Given data
- - - - -
// Values from signals. What a gate sees is listed as places in `sig`, where 0 or 1 stands.
// Kept: signals are bytes and no bools, since vectors and outputs are bytes; and that they are in place for a list of gates (`InputRows`, `Evaluable`, `AllBits`) is asked
// at each call, here and above, and stands in no type, since it is said of two things together, of which the signals are lent for writing.
// Required: signals in place for each gate, and its truth word; the plan of a netlist and the program of a search have them.
ghost use Rattle.std.specs.Prelude.{◌≡◌, List, map, length, ℕ, suc, ◌*◌, ◌^◌, ◌<◌, ◌≤◌};
ghost use Rattle.theory.specs.Gate.{gate};
ghost use Rattle.graph.specs.Columns.{at};
ghost use Rattle.gates.specs.inner.Gates.{part, word_from, Reckons, InputRows, evaluated, Evaluable, Truths};

use crate::table::IndexTable;

// A gate: its truth word, the table that this is read by, and what the gate sees.
#[derive(Clone, Copy)]
pub struct Gate<'a> {
    pub truth: u16,
    pub index: &'a IndexTable,
    pub sees: &'a [u16],
}

// Gates in columns: `node` lists those that are evaluated, in turn; of node v, `truth[v]` is the truth word, and what it sees is listed from `first[v]` up to
// `first[v + 1]` in `list`; `index` is the table that truth words are read by.
#[derive(Clone, Copy)]
pub struct GateList<'a> {
    pub node: &'a [u16],
    pub truth: &'a [u16],
    pub first: &'a [u16],
    pub list: &'a [u16],
    pub index: &'a IndexTable,
}

impl<'a> GateList<'a> {
    // Gate v.
    pub fn gate(self, v: usize) -> Gate<'a>
        requires { (v < length self.truth.now) × (suc v < length self.first.now) × (at self.first.now v ≤ at self.first.now (suc v)) × (at self.first.now (suc v) ≤ length self.list.now) }
        ensures truth { result.truth ≡ at self.entry.truth.now v }
        ensures sees { result.sees.now ≡ part self.entry.list.now (at self.entry.first.now v) (at self.entry.first.now (suc v)) }
    {
        Gate {
            truth: self.truth[v],
            index: self.index,
            sees: &self.list[self.first[v] as usize..self.first[v + 1] as usize],
        }
    }
}

// The most signals that a gate sees: so many are gathered behind the seed 0, and 3 behind the seed 32.
const MOST_SEEN: usize = 8;

// The signals that a gate sees in one word behind `seed`, the first one highest.
// The loop counts to the most that there can be and is left where the slice ends, so that the compiler lays out its turns one after the other: most gates
// see one to three signals, for which a loop over the slice takes more to begin than in its turns.
fn gather(sees: &[u16], seed: usize, sig: &[u8]) -> usize
    requires { InputRows (seed * 512) sees.now sig.now }
    ensures { (result ≡ word_from seed (map (at sig.now) sees.now)) × (result < suc seed * 2 ^ length sees.now) }
{
    let mut word = seed;
    for j in 0..MOST_SEEN {
        if j == sees.len() {
            return word;
        }
        word = word * 2 + sig[sees[j] as usize] as usize;
    }
    word
}

impl<'a> Gate<'a> {
    // Its value under these signals.
    pub fn value(self, sig: &[u8]) -> u8
        requires { InputRows self.truth self.sees.now sig.now }
        ensures { (result ≤ 1) × ((kind : ℕ) → Reckons kind (length self.entry.sees.now) self.entry.truth → result ≡ gate kind (map (at sig.now) self.entry.sees.now)) }
    {
        let word = gather(self.sees, (self.truth / 512) as usize, sig);
        let bit = self.index.bit_of(word);
        ((self.truth >> bit) % 2) as u8
    }
}

// The gates of the list, in turn: the value of gate v goes to base + v.
pub fn evaluate(gates: GateList<'_>, base: usize, sig: &mut [u8])
    requires { Evaluable gates.node.now gates.truth.now gates.first.now gates.list.now (length gates.node.now) base sig.old }
    ensures { (kind : List ℕ) → Truths kind gates.entry.node.now gates.entry.truth.now gates.entry.first.now (length gates.entry.node.now)
        → sig.new ≡ evaluated kind gates.entry.node.now gates.entry.first.now gates.entry.list.now base (length gates.entry.node.now) sig.old }
{
    for node in gates.node {
        let v = *node as usize;
        sig[base + v] = gates.gate(v).value(sig);
    }
}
- - - - -
What the task asks
Please find the lines in the data that contain the word "where" and copy them.

Solution for this problem
// Values from signals. What a gate sees is listed as places in `sig`, where 0 or 1 stands.
// The loop counts to the most that there can be and is left where the slice ends, so that the compiler lays out its turns one after the other: most gates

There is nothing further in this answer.